**What is required:**
All entries must be extracted exactly, with nothing added or dropped.

[[ Data, beginning ]]

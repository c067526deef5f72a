//! What parts of one file are to each other.

ghost use Rattle.filepart.specs.Parts.{OutsideGoesOn, PartsAreApart};

/// What holds of parts of one file, one after another: calls of one leave the bytes of another that shares none with it.
pub fn parts_are_apart()
    ensures goes_on { OutsideGoesOn }
    ensures apart { PartsAreApart }
{}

[[ Data, end ]]

**Finished exercise:**
repository c067526deef5f72a
//! What parts of one file are to each other.

ghost use Rattle.filepart.specs.Parts.{OutsideGoesOn, PartsAreApart};

/// What holds of parts of one file, one after another: calls of one leave the bytes of another that shares none with it.
pub fn parts_are_apart()
    ensures goes_on { OutsideGoesOn }
    ensures apart { PartsAreApart }
{}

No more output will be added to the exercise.